October “Toby” Daye is a changeling, the daughter of Amandine of the fae and a mortal man. Like her mother, she is gifted in blood magic, able to read what has happened to a person through a mere taste of blood.
Half-human, half-fae, outsiders from birth, most changelings are second-class children of Faerie, spending their lives fighting for the respect of their immortal relations. Toby is the only changeling who has earned knighthood, and she re-earns that position every day, undertaking assignments for her liege, Sylvester, the Duke of the Shadowed Hills.
Now Sylvester has asked her to go to the County of Tamed Lightning — otherwise known as Fremont, California — to make sure that all is well with his niece, Countess January O’Leary, whom he has not been able to contact. It seems like a simple enough assignment — but when dealing with the realm of Faerie, nothing is ever as simple as it seems.
January runs a company that produces computer fantasy games, and her domain is a buffer between Sylvester’s realm and a rival duchy whose ruler is looking for an opportunity to seize control. And that is the least of January’s problems. For Tamed Lightning has somehow been cut off from the other domains, and now someone has begun to murder January’s key people. If Toby can’t find and stop the killer soon, she may well become the next victim.
©2010 Seanan McGuire (P)2010 Brilliance Audio, Inc.
This is a great read! Fantastic addition to the genre--October Daye is a different kind of protagonist and her world is quite unique! I'm looking forward to reading more from this series. The only thing I am disappointed with is finding out this is the SECOND book in the series and audible only has this one so far.
If you like urban fantasy noir, you can do no better than Seanan McGuire's "October Daye" series. If you like good audio reading, Mary Robinette Kowal is your lady. Her voice characterizations are spot on. You never have to wonder who is actually speaking now.
Start with "Rosemary and Rue" and continue on from there.
Seanan really hits her stride here, and the series gets moving.
OK, Look. Seanan ENJOYS torturing her characters. Toby gets run ragged from the first minute to the last. When it looks like something good is about to happen to her - It's not.
And I LOVE it.
It's a good mystery, with enjoyable characters and my favorite narrator on Audible (sorry Evil Wil Wheaton). I really enjoy this series.
A Local Habitation is the second installment of this series (which should definitely be read in order).
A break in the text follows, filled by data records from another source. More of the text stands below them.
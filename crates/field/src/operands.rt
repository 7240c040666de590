// The operands of a statement's code, and what they may name. The sheet s is whole, as everywhere.
#![tactic(auto, unfolding(crate::proofs::Opened::operands))]

ghost use Rattle.std.specs.Prelude.{◌≡◌, true, ◌+◌, ◌≤◌, ◌<◌, length};
ghost use Rattle.rules.specs.Format.{length_fits, read_action};
ghost use Rattle.field.specs.Codes.{number_of};
ghost use Rattle.field.specs.Outcome.{end_of, names_of, exact_end};

use crate::codes::Code;
use crate::fields::byte_at;
use crate::outcome::need;
use expression::{DEEPEST, read_arith, read_condition};
use refusal::{Fault, Refusal};

// What a thread's statements may name: its registers, and the sheet's variables and locks.
#[derive(Clone, Copy)]
pub struct Names {
    pub regs: usize,
    pub vars: usize,
    pub locks: usize,
}

// What stands behind the code of a statement whose field is at a place: its operands, from p up to the end e of the body.
#[derive(Clone, Copy)]
struct Operands<'a> {
    s: &'a [u8],
    names: Names,
    at: usize,
    p: usize,
    e: usize,
    ghost inside: { e ≤ length s.now },
}

// An expression is to end where the body ends; a fault in it is the field's.
fn exact_end(x: Result<usize, Refusal>, at: usize, e: usize) -> Result<usize, Fault>
    ensures { result ≡ exact_end at e x }
{
    let q = x.map_err(|refusal| Fault { refusal, place: at })?;
    need(q == e, Refusal::BadExpression, at)?;
    Ok(q)
}

impl Operands<'_> {
    fn assign_end(&self) -> Result<usize, Fault>
        requires { self.now.p < self.now.e }
        ensures { result ≡ end_of (read_action 2 (names_of self.now.names) self.now.s.now self.now.at self.now.e self.now.p) }
    {
        need(
            byte_at(self.s, self.p) < self.names.regs,
            Refusal::NoSuchName,
            self.at,
        )?;
        let x = read_arith(self.s, self.p + 1, self.e, self.names.regs, DEEPEST);
        exact_end(x, self.at, self.e)
    }

    fn branch_end(&self) -> Result<usize, Fault>
        requires { self.now.p < self.now.e }
        ensures { result ≡ end_of (read_action 3 (names_of self.now.names) self.now.s.now self.now.at self.now.e self.now.p) }
    {
        let x = read_condition(self.s, self.p + 1, self.e, self.names.regs, DEEPEST);
        exact_end(x, self.at, self.e)
    }

    // Store and load: a register and a variable.
    fn transfer_end(&self) -> Result<usize, Fault>
        requires { self.now.p < self.now.e }
        ensures store { result ≡ end_of (read_action 4 (names_of self.now.names) self.now.s.now self.now.at self.now.e self.now.p) }
        ensures load { result ≡ end_of (read_action 5 (names_of self.now.names) self.now.s.now self.now.at self.now.e self.now.p) }
    {
        let named = byte_at(self.s, self.p) < self.names.regs
            && byte_at(self.s, self.p + 1) < self.names.vars;
        need(named, Refusal::NoSuchName, self.at)?;
        Ok(self.e)
    }

    // Unlock and lock.
    fn lock_end(&self) -> Result<usize, Fault>
        ensures unlock { result ≡ end_of (read_action 6 (names_of self.now.names) self.now.s.now self.now.at self.now.e self.now.p) }
        ensures lock { result ≡ end_of (read_action 7 (names_of self.now.names) self.now.s.now self.now.at self.now.e self.now.p) }
    {
        need(
            byte_at(self.s, self.p) < self.names.locks,
            Refusal::NoSuchName,
            self.at,
        )?;
        Ok(self.e)
    }
}

// The operands of a code, in a body of n bytes.
pub(crate) fn action_end(
    s: &[u8],
    names: Names,
    at: usize,
    code: Code,
    n: usize,
) -> Result<usize, Fault>
    requires { (length_fits (number_of code) n ≡ true) × (5 ≤ n) × (at + 3 + n ≤ length s.now) }
    ensures { result ≡ end_of (read_action (number_of code) (names_of names) s.now at (at + 3 + n) (at + 8)) }
{
    let operands = Operands {
        s,
        names,
        at,
        p: at + 8,
        e: at + 3 + n,
    };
    match code {
        Code::Halt | Code::Skip => Ok(operands.e),
        Code::Assign => operands.assign_end(),
        Code::Branch => operands.branch_end(),
        Code::Store | Code::Load => operands.transfer_end(),
        Code::Unlock | Code::Lock => operands.lock_end(),
    }
}
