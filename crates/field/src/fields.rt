// Fields: a byte, a length, a field of any tag, and the fields of tags 1, 3 and 4.
// Every function is given the whole sheet s, or another file of fields, and the place of a field in it.
#![tactic(auto, unfolding(crate::proofs::Opened::fields))]

ghost use Rattle.std.specs.Prelude.{◌≡◌, true, ◌&&◌, ◌+◌, ◌≤◌, ◌<◌, leb, length, OnOk};
ghost use Rattle.rules.specs.Constants.{most_registers};
ghost use Rattle.rules.specs.Refusal.{short};
ghost use Rattle.rules.specs.Format.{got, need, byte, num16, has_head, has_body, due, sized, header_fits, read_locks};
ghost use Rattle.field.specs.Decoded.{body_end};
ghost use Rattle.field.specs.Outcome.{check_of, end_of};
ghost use Rattle.field.specs.Header.{header_of, header_in, header_at};

use crate::heads::{field_at, has_head};
use crate::outcome::need;
use crate::tags::{HEADER, LOCKS};
use crate::ticks::{Time, time32_at};
use expression::{num16_at, num32_at};
use refusal::{Fault, Refusal};

// Locks, and a thread's registers: at most 8.
const MOST_NAMES: usize = 8;

pub const GREATEST_LIMIT: Time = Time(1000000);

pub const GREATEST_BUDGET: u32 = 10000000;

// The byte at p, or 0 past the sheet's end.
pub fn byte_at(s: &[u8], p: usize) -> usize
    ensures { (result ≡ byte s.now p) × (result < 256) }
{
    if p < s.len() { usize::from(s[p]) } else { 0 }
}

// ---- the length of a field, and its tag

// Of the body behind the field's head.
pub fn length_at(s: &[u8], at: usize) -> usize
    requires { at + 3 ≤ length s.now }
    ensures { (result ≡ num16 s.now (at + 1)) × (result < 65536) }
{
    usize::from(num16_at(s, at + 1))
}

pub(crate) fn has_body(s: &[u8], at: usize) -> bool
    requires { at + 3 ≤ length s.now }
    ensures { result ≡ has_body s.now at }
{
    at + 3 + length_at(s, at) <= s.len()
}

// A whole field stands at a place, of whichever tag.
pub fn whole_field_at(s: &[u8], at: usize) -> bool
    ensures { result ≡ (has_head s.now at && has_body s.now at) }
{
    has_head(s, at) && has_body(s, at)
}

// The field at a place has the tag that is due.
pub(crate) fn due_at(s: &[u8], at: usize, tag: u8) -> Result<(), Fault>
    ensures due { result ≡ check_of (due tag s.now at (got at at)) }
    ensures head { OnOk result (at + 3 ≤ length s.now) }
{
    let f = field_at(s, at)?;
    need(f.tag == tag, Refusal::OutOfTurn, at)
}

// A field whose body is to be n bytes long: the body first, then its length.
pub(crate) fn fixed_end(s: &[u8], at: usize, n: usize) -> Result<usize, Fault>
    ensures end { result ≡ end_of (sized s.now at n true n) }
    ensures inside { OnOk result (at + 3 + n ≤ length s.now) }
{
    let f = field_at(s, at)?;
    need(f.body + f.length <= s.len(), Refusal::Short, at)?;
    need(f.length == n, Refusal::BadLength, at)?;
    Ok(f.body + n)
}

// ---- a field of any tag: the place behind it

// A field whose body is to be n bytes long.
pub fn fixed_field_end(s: &[u8], at: usize, tag: u8, n: u16) -> Result<usize, Fault>
    ensures { result ≡ end_of (due tag s.now at (sized s.now at n true n)) }
{
    due_at(s, at, tag)?;
    fixed_end(s, at, usize::from(n))
}

// A field whose body may have any length.
pub fn any_field_end(s: &[u8], at: usize, tag: u8) -> Result<usize, Fault>
    ensures { result ≡ end_of (due tag s.now at (need (has_body s.now at) short at (got at (body_end s.now at)))) }
{
    due_at(s, at, tag)?;
    let end = at + 3 + length_at(s, at);
    need(end <= s.len(), Refusal::Short, at)?;
    Ok(end)
}

// ---- tag 1

// The header's numbers.
#[derive(Clone, Copy)]
pub struct Header {
    pub limit: Time,
    pub budget: u32,
    pub label_low: Time,
    pub label_high: Time,
}

// Those in the body of the field at a place.
pub fn header_at(s: &[u8], at: usize) -> Header
    requires { at + 19 ≤ length s.now }
    ensures { result ≡ header_of (header_in s.now at) }
{
    Header {
        limit: time32_at(s, at + 3),
        budget: num32_at(s, at + 7),
        label_low: time32_at(s, at + 11),
        label_high: time32_at(s, at + 15),
    }
}

impl Header {
    // Each number in its range.
    fn fits(self) -> bool
        ensures { result ≡ header_fits self.limit.0 self.budget self.label_low.0 self.label_high.0 }
    {
        1 <= self.limit.0
            && self.limit <= GREATEST_LIMIT
            && 1 <= self.budget
            && self.budget <= GREATEST_BUDGET
            && self.label_low <= self.label_high
            && self.label_high <= self.limit
    }
}

pub fn header_end(s: &[u8], at: usize) -> Result<usize, Fault>
    ensures { result ≡ end_of (header_at s.now at) }
{
    due_at(s, at, HEADER)?;
    let end = fixed_end(s, at, 16)?;
    need(header_at(s, at).fits(), Refusal::OffRange, at)?;
    Ok(end)
}

// ---- tags 3 and 4: one byte, a number of names

pub fn locks_end(s: &[u8], at: usize) -> Result<usize, Fault>
    ensures { result ≡ end_of (read_locks s.now at) }
{
    due_at(s, at, LOCKS)?;
    open_end(s, at)
}

// The field that opens a thread, whose tag is known; behind another tag, the sheet's locks.
pub fn open_end(s: &[u8], at: usize) -> Result<usize, Fault>
    ensures end { result ≡ end_of (sized s.now at 1 (leb (byte s.now (at + 3)) most_registers) (byte s.now (at + 3))) }
    ensures inside { OnOk result (at + 4 ≤ length s.now) }
{
    let end = fixed_end(s, at, 1)?;
    need(byte_at(s, at + 3) <= MOST_NAMES, Refusal::OffRange, at)?;
    Ok(end)
}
Another amazing story with narration that is well-done and consistent with the first book. I can't recommend this series enough! I am already anticipating the the third book that is releasing in September.
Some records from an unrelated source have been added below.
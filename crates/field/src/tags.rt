// The tags of a sheet's fields: bytes and no enum, as a function on a field of any tag (`fixed_field_end`) takes those of other files too.

pub const HEADER: u8 = 1;

pub const VARIABLE: u8 = 2;

pub const LOCKS: u8 = 3;

// The field that opens a thread.
pub const THREAD: u8 = 4;

pub const REGISTER: u8 = 5;

pub const STATEMENT: u8 = 6;
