// A statement of a sheet that was read, decoded where it stands: how later code goes by the places of an index.
#![tactic(auto, unfolding(crate::specs::Decoded::decode_action))]

ghost use Rattle.std.specs.Prelude.{◌≡◌, ◌+◌, ◌≤◌, ◌<◌, length};
ghost use Rattle.field.specs.Decoded.{action_at, statement_at, halts};

use crate::codes::Code;
use crate::fields::{byte_at, length_at};
use crate::ticks::{Time, time16_at};

// What a statement does. An expression stands from `at` up to `end`.
#[derive(Clone, Copy)]
pub enum Action {
    Halt,
    Skip,
    Assign {
        register: usize,
        at: usize,
        end: usize,
    },
    Branch {
        target: usize,
        at: usize,
        end: usize,
    },
    Store {
        register: usize,
        variable: usize,
    },
    Load {
        register: usize,
        variable: usize,
    },
    Unlock(usize),
    Lock(usize),
}

#[derive(Clone, Copy)]
pub struct Statement {
    pub least: Time,
    pub greatest: Time,
    pub action: Action,
}

// Where a sheet was read, its statement has one of the eight codes.
fn action_at(s: &[u8], at: usize) -> Action
    requires { at + 8 ≤ length s.now }
    ensures { result ≡ action_at s.now at }
{
    let first = byte_at(s, at + 8);
    let second = byte_at(s, at + 9);
    let end = at + 3 + length_at(s, at);
    match Code::try_from(s[at + 7]) {
        Ok(Code::Halt) => Action::Halt,
        Ok(Code::Skip) => Action::Skip,
        Ok(Code::Assign) => Action::Assign {
            register: first,
            at: at + 9,
            end,
        },
        Ok(Code::Branch) => Action::Branch {
            target: first,
            at: at + 9,
            end,
        },
        Ok(Code::Store) => Action::Store {
            register: first,
            variable: second,
        },
        Ok(Code::Load) => Action::Load {
            register: first,
            variable: second,
        },
        Ok(Code::Unlock) => Action::Unlock(first),
        Ok(Code::Lock) | Err(_) => Action::Lock(first),
    }
}

// The statement whose field stands at a place. What this is of the program that the sheet reads as: `reader`'s Facts, `decoded`.
pub fn statement_at(s: &[u8], at: usize) -> Statement
    requires { at + 8 ≤ length s.now }
    ensures { (result ≡ statement_at s.now at) × (result.least.0 < 65536) × (result.greatest.0 < 65536) }
{
    Statement {
        least: time16_at(s, at + 3),
        greatest: time16_at(s, at + 5),
        action: action_at(s, at),
    }
}

pub fn is_halt(action: Action) -> bool
    ensures { result ≡ halts action }
{
    matches!(action, Action::Halt)
}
I'm a Canadian book blogger who loves audiobooks. My favourite genres are sci-fi and fantasy, especially anything paranormal.
This is a very unique urban fantasy series in that it had a much softer feel than most UF. Toby is more mature, and the focus is more on growth and plot than on mindless action or sex.
The narration has a soft mature tone that matches the story. The accents and voices used for all the characters were great. Quentin sounded like a teenager, and the accents on Sylvester and Tybalt were simply amazing.
I like the author's prose style, but I was screaming at the characters to pick up the hints.
Thank the gods the narrator learned how to pronounce kitsune. On the other hand, she's still not great at accents. On still another hand (oh snap, too many arms), she doesn't attempt any foreign accents, just valley girl (which is annoying, but not cringe-inducingly inaccurate).
It's good and the narrator does a good job on the voices but it broke my heart a little bit. She kills people I wish she wouldn't.
Fearie is not a nice place.
This is my second October Daye book, and frankly, upon finishing the first, I was hoping that the second and following books would have a different narrator. Unfortunately, where other books have okay text and a under-expressive narration, this one has great text, and a hugely overacting narrator. It'd be great if she pulled it back by about... oh.. 25-50%. I love the stories, but it's hard to concentrate on the text itself when -every- -single- word is so overly emphasized. Thankfully, it doesn't ruin the whole experience of the book per sé, but it is off enough that (to me at least), it takes away from the actual writing a good bit.
Overall, love the characters, love the quality of the writing, love the atmosphere, everything. And if she could just pull it back a bit, I'd love the narrator too. But as it is, I'd love somebody different. The ever-brilliant John Glover, perhaps..? :D
As my title says, this one was not even close to being as good as the first in this series. The first was well written. This one seemed formulaic. I won't be listening to more, I suspect.
"Yet another great story"
....and the narrator's accents were better.
I'm still waiting for the obvious jokes, I'm sorry but a story about the fair folk set in San Fransico needs at least one obvious, awkward pun otherwise you may as well set in in Los Angeles.